The first admission of guilt. Of course, they conveniently neglected to point out the serious flaws in their methodology documented above.
"The second factor is how well pages on a topic are connected to each other. There are two extreme cases that can affect the convergence of a topic in our computations. At one extreme, there are a few pages such as the Microsoft home page (www.microsoft.com) with incoming links from a large fraction of all pages on the Web. These pages end up having high reputation on almost every topic represented in the Web; it is not reasonable to identify a small set of highly-weighted topics for them."
A minor nod to the power of marketing, but they obviously don't understand the implications of marketing on the Internet.
"At the other extreme, there are pages with no more than a few incoming links; according to some estimates (e.g. ), a large number of pages fall in this category. Depending on where the incoming links of a page are coming from and the reputations of those links, they can have various effects on the reputation of a page according to our models. Our current implementation, however, may not report any strong reputations on any topic for these pages because all incoming links are simply weighted equally."
Unfortunately, they simply didn't take into consideration the fact that no new Web page has inbound links (unless it's anticipated, but such pages are rare). The database should have been diluted with pages that had no inbound links. Had they taken this simple step, they would have learned quickly why their approach won't work.
"We have introduced general notions of page reputation on a topic, combining the textual content and the link structure of the Web. Our notions of reputation are based on random walk models that generalize the pure link-based ranking methods developed earlier. For instance, our ranking based on the one-level weight propagation model becomes PageRank if the rank is computed with respect to all possible topics. We have presented algorithms for identifying the topics that a page has highest reputation on and for computing the reputation rank of a page on a topic. Our current work concentrates on refining the implementation of TOPIC to achieve more accurate rankings and better performance."
They are pursuing the wrong methodology.
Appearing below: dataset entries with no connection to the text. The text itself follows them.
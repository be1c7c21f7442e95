// Show, and show of a pair: a block's 512 bytes as a part of the lent image, and what tells the empty answers apart.
#![tactic(auto)]

ghost use Rattle.std.specs.Prelude.{◌≡◌, [], ◌+◌, ◌≤◌, length, take, drop};
ghost use Rattle.image.specs.Image.{view};
ghost use Rattle.volume.specs.Answers.{show_in, shown, part_of, shown_pair, part_of_pair};

use base::Refusal;
use inspect::Volume;
use volume::{Outcome, PairAnswer, Source};

// What show answers in an opened partition: where the bytes of block r stand.
#[tactic(auto, unfolding(volume::specs::Answers::show_in))]
pub fn show_in(volume: &Volume<'_>, f: usize, r: usize) -> Outcome
    ensures { result ≡ show_in volume.now.p (view volume.now.img.now) f r }
{
    let file = volume.file(f)?;
    if inspect::REACH <= r {
        return Err(Refusal::BadBlock);
    }
    if r < file.len() {
        let b = file.name(r);
        Ok(Some((528 * b + 16, 512, 0)))
    } else {
        Ok(None)
    }
}

// Show's second call, a public call: shown and where, absent, or why it is refused.
#[tactic(auto, unfolding(volume::specs::Answers::shown))]
pub fn show_answer(img: &[u8], drive: usize, s: usize, f: usize, r: usize) -> Outcome
    ensures { result ≡ shown drive img.now s f r }
{
    let volume = inspect::open(img, drive, s)?;
    show_in(&volume, f, r)
}

// The 512 bytes from `at` on.
#[tactic(auto, using(inspect::proofs::Laws::length_512))]
fn part_at(img: &[u8], at: usize) -> &[u8]
    requires { at + 512 ≤ length img.now }
    ensures { result.now ≡ take 512 (drop at img.now) }
{
    let end = at + 512;
    &img[at..end]
}

// A part of length zero.
fn nothing(img: &[u8]) -> &[u8]
    ensures { result.now ≡ [] }
{
    &img[0..0]
}

// Show, a public call: the 512 bytes of block r of file f, or a part of length zero.
#[tactic(auto, using(inspect::proofs::Laws::shown_in))]
pub fn show(img: &[u8], drive: usize, s: usize, f: usize, r: usize) -> &[u8]
    ensures { result.now ≡ part_of img.now (shown drive img.now s f r) }
{
    match show_answer(img, drive, s, f, r) {
        Ok(Some((at, _, _))) => part_at(img, at),
        _ => nothing(img),
    }
}

// Show of a pair's second call, a public call: the repaired image's answer unless that is refused, and then the original's.
#[tactic(auto, unfolding(volume::specs::Answers::shown_pair))]
pub fn show_pair_answer(
    original: &[u8],
    repaired: &[u8],
    drive: usize,
    s: usize,
    f: usize,
    r: usize,
) -> PairAnswer
    ensures { result ≡ shown_pair drive original.now repaired.now s f r }
{
    match show_answer(repaired, drive, s, f, r) {
        Ok(shown) => PairAnswer {
            image: Source::Repaired,
            outcome: Ok(shown),
        },
        Err(_) => PairAnswer {
            image: Source::Original,
            outcome: show_answer(original, drive, s, f, r),
        },
    }
}

// Show of a pair, a public call: a part of the repaired image, or of the original where the repaired one refuses.
#[tactic(auto, using(inspect::proofs::Laws::shown_in), unfolding(volume::specs::Answers::shown_pair))]
pub fn show_pair<'a>(
    original: &'a [u8],
    repaired: &'a [u8],
    drive: usize,
    s: usize,
    f: usize,
    r: usize,
) -> &'a [u8]
    ensures { result.now ≡ part_of_pair original.now repaired.now (shown_pair drive original.now repaired.now s f r) }
{
    match show_answer(repaired, drive, s, f, r) {
        Ok(Some((at, _, _))) => part_at(repaired, at),
        Ok(None) => nothing(repaired),
        Err(_) => show(original, drive, s, f, r),
    }
}
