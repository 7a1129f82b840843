//! The stream. It keeps no structure between two calls.
//!
//! What an author gives: what the stream means (`specs/Numbers.antt`, `number_stream`), its calls, and that it is lawful. Its
//! columns are made of values, so it is enough that these fit their types: `fitting_values_make_a_lawful_chunk` says the rest.
ghost use Rattle.std.specs.Prelude.{◌≡◌, false};

use crate::chunk::{number_chunk, number_columns};
use column_fill::fitting_values_make_a_lawful_chunk;
use data_types::RowFault;
use edge_io::Gate;
use raw_array::{Acted, RawArray};
use raw_schema::RawSchema;
use std::alloc::Global;
use std::thread::Threads;
use stream_face::{ArrayStream, ENOMEM, Tap};
use unit_pass::{NoMemory, Pass};

/// What comes next. That there was no memory stays.
#[derive(Clone, Copy)]
enum Next {
    Chunk,
    End,
    NoMemory,
}

pub struct Numbers {
    next: Next,
    /// Whether the last get call had no memory.
    wants: bool,
    released: bool,
}

impl Numbers {
    /// The stream before its chunk was given.
    pub fn new() -> Numbers
        ensures next { result.next ≡ Next.Chunk }
        ensures wants { result.wants ≡ false }
        ensures live { result.released ≡ false }
    {
        Numbers {
            next: Next::Chunk,
            wants: false,
            released: false,
        }
    }
}

impl ArrayStream for Numbers {
    ghost use Rattle.number_stream.specs.Numbers.{number_stream};

    ghost state = { λ s. number_stream s.next s.wants s.released };

    fn get_schema(&mut self, alloc: Global, out: &mut RawSchema, pass: &mut Pass) -> i32 {
        let made = match number_columns(alloc) {
            Ok(columns) => columns.schema(alloc, pass),
            Err(NoMemory) => Err(NoMemory),
        };
        match made {
            Ok(schema) => {
                out.put(schema);
                self.wants = false;
                0
            }
            Err(NoMemory) => {
                self.wants = true;
                ENOMEM
            }
        }
    }

    fn get_next<R: Threads + Sync, T: Tap>(
        &mut self,
        _rt: &R,
        alloc: Global,
        out: &mut RawArray,
        pass: &mut Pass,
        _tap: &mut T,
        _gate: &(dyn Gate + Sync),
    ) -> i32 {
        fitting_values_make_a_lawful_chunk();
        match self.next {
            Next::Chunk => match number_chunk(alloc, pass) {
                Ok(chunk) => {
                    out.put(chunk);
                    self.next = Next::End;
                    self.wants = false;
                    0
                }
                Err(NoMemory) => {
                    self.next = Next::NoMemory;
                    self.wants = true;
                    ENOMEM
                }
            },
            Next::End => {
                self.wants = false;
                0
            }
            Next::NoMemory => {
                self.wants = true;
                ENOMEM
            }
        }
    }

    fn get_last_error(&self) -> Option<&str> {
        if self.wants {
            Some("out of memory")
        } else {
            None
        }
    }

    fn fault(&self) -> Option<RowFault> {
        None
    }

    fn is_released(&self) -> bool {
        self.released
    }

    fn release(&mut self, _pass: &mut Pass) -> Acted {
        if self.released {
            return Acted::Was;
        }
        self.released = true;
        Acted::Acted
    }

    fn discard(self) {
        let Numbers {
            next: _,
            wants: _,
            released: _,
        } = self;
    }

    fn lawful_facts(&self) {
        fitting_values_make_a_lawful_chunk();
    }
}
Their work will therefore never be finished. I have to ask how many years it will be before they realize the serious flaw in their approach?
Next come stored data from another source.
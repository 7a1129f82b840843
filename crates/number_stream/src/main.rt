//! A program with a stream of its own: it gives three numbers, a stage keeps two of them, and a consumer adds these up.
//!
//! [`numbers`] is the stream, and [`chunk`] makes its one chunk. [`total`] takes the chunks of any stream.
#![tactic(auto)]

mod chunk;
mod numbers;
mod total;

ghost use Rattle.std.specs.Prelude.{◌≡◌};
ghost use Rattle.unit_pass.specs.declared.pass.TheConstants.{SUPPLY};

use crate::chunk::number_columns;
use crate::numbers::Numbers;
use crate::total::{Total, end, read};
use stage_kernels::SliceStep;
use stages::Stage;
use std::alloc::Global;
use std::process::ExitCode;
use std::thread::Threads;
use stream_face::RawStream;
use unit_pass::{Pass, open_desk};

/// Adds up the numbers that a window leaves: two from the second on. None where memory ran out. All units are back.
fn sum_of_window<R: Threads + Sync>(rt: &R, alloc: Global, pass: &mut Pass) -> Option<Total>
    requires units { pass.old.units ≡ SUPPLY }
    ensures units { pass.new.units ≡ SUPPLY }
{
    let columns = number_columns(alloc).ok()?;
    match RawStream::start(alloc, Numbers::new(), 0, pass) {
        Ok(numbers) => {
            let window = Stage::start(numbers, SliceStep::new(1, 2, columns));
            read(rt, alloc, window, pass)
        }
        Err((numbers, _fault)) => {
            end(numbers, pass);
            None
        }
    }
}

fn main(rt: HostRuntime) -> ExitCode {
    let (desk, mut pass) = open_desk();
    let total = sum_of_window(&rt, rt.alloc(), &mut pass);
    // A desk closes only with all its units: nothing is left of any structure.
    let _audit = desk.close(pass);
    let Some(Total { rows, sum }) = total else {
        let _told = eprintln!(rt; "number_stream: no sum");
        return ExitCode::FAILURE;
    };
    match println!(rt; "{rows} rows, sum {sum}") {
        Ok(()) => ExitCode::SUCCESS,
        Err(_) => ExitCode::FAILURE,
    }
}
When Brett invited me to visit this forum, I pointed out that I would be brutal. I am unforgiving to the people who bat out these Fermatian Proofs and expect the world to just sit around and applaud their brilliance. To overlook the most fundamental aspects of the Web community in an analysis of how to properly catalogue its member sites is inexcusable.
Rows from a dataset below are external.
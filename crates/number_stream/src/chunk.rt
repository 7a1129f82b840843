//! The one chunk of the stream, and its columns.
ghost use Rattle.std.specs.Prelude.{◌≡◌, ◌≤◌, ◌+◌, IfOk, OnErr, OnOk, map};
ghost use Rattle.arr_export.specs.ValueColumns.{plain_tree};
ghost use Rattle.col_build.specs.Holding.{Holds};
ghost use Rattle.data_types.specs.ColumnView.{column_of};
ghost use Rattle.raw_array.specs.promise.Members.{Cost};
ghost use Rattle.unit_pass.specs.promise.Tally.{risen};
ghost use Rattle.unit_pass.specs.declared.pass.TheConstants.{ROOM};
ghost use Rattle.number_stream.specs.Numbers.{number_chunk, number_columns, numbers};

use arr_export::{export_table, schema_size};
use col_build::{Builder, Item};
use column_fill::built_column;
use data_types::{ColKind, ColumnType, DataType};
use raw_array::{RawArray, release_all};
use stages::OutColumns;
use std::alloc::Global;
use unit_pass::{Name, NoMemory, Pass, ROOM};

const TYPE: DataType = DataType::Int {
    bits: 64,
    signed: true,
};

/// The columns: one, n.
pub fn number_columns(alloc: Global) -> Result<OutColumns, NoMemory>
    ensures { IfOk result (λ columns. map column_of columns ≡ number_columns) }
{
    schema_size();
    let Ok(mut columns) = Vec::with_capacity(alloc, 1) else {
        return Err(NoMemory);
    };
    let name = Name::from_slice(alloc, b"n")?;
    columns.push_reserved(ColumnType {
        name,
        kind: ColKind::Flat(TYPE),
    });
    Ok(OutColumns::new(columns))
}

/// A builder with the numbers: 1, 2, 3.
fn numbers(alloc: Global) -> Result<Builder, NoMemory>
    ensures { IfOk result (λ builder. Holds builder numbers.kind numbers.values) }
{
    let mut builder = Builder::new(alloc, TYPE);
    builder.add(Item::Whole(1))?;
    builder.add(Item::Whole(2))?;
    builder.add(Item::Whole(3))?;
    Ok(builder)
}

/// The column n. Where memory runs out all is released.
fn number_column(alloc: Global, pass: &mut Pass) -> Result<RawArray, NoMemory>
    requires room { 4 ≤ pass.old.units }
    ensures tree { IfOk result (λ array. array ≡ plain_tree numbers) }
    ensures units { OnOk result (pass.new.units + 2 ≡ pass.old.units) }
    ensures blocks { OnOk result (pass.new.blocks ≡ risen pass.old.blocks 1) }
    ensures nodes { OnOk result (pass.new.nodes ≡ risen pass.old.nodes 1) }
    ensures units_back { OnErr result (pass.new.units ≡ pass.old.units) }
{
    let numbers = numbers(alloc)?;
    let _supply = pass.units();
    built_column(alloc, numbers, None, pass)
}

/// The chunk: the column as a table. Where memory runs out all is released.
pub fn number_chunk(alloc: Global, pass: &mut Pass) -> Result<RawArray, NoMemory>
    requires room { ROOM ≤ pass.old.units }
    ensures tree { IfOk result (λ chunk. chunk ≡ number_chunk) }
    ensures units { OnOk result (pass.new.units + Cost number_chunk ≡ pass.old.units) }
    ensures blocks { OnOk result (pass.new.blocks ≡ risen pass.old.blocks 1) }
    ensures nodes { OnOk result (pass.new.nodes ≡ risen pass.old.nodes 2) }
    ensures units_back { OnErr result (pass.new.units ≡ pass.old.units) }
{
    let _supply = pass.units();
    let n = number_column(alloc, pass)?;
    let Ok(mut columns) = Vec::with_capacity(alloc, 1) else {
        n.end(pass);
        return Err(NoMemory);
    };
    columns.push_reserved(n);
    match export_table(alloc, columns, 3, pass) {
        Ok(chunk) => Ok(chunk),
        Err((columns, NoMemory)) => {
            release_all(columns, pass);
            Err(NoMemory)
        }
    }
}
I hope other research on which search engine technology is based is better done than this travesty, but I've already shown how the PageRank research was also seriously flawed (and how Google doesn't work as advertised) in the search engine forums at JimWorld.
Brett, I'm still looking for answers, and I'll keep my eyes on your forums here. But if this is the way search engine technology is moving, I may just continue to rely upon directories and finding my own links the hard way. Obviously these guys are not equipped to do the job for us.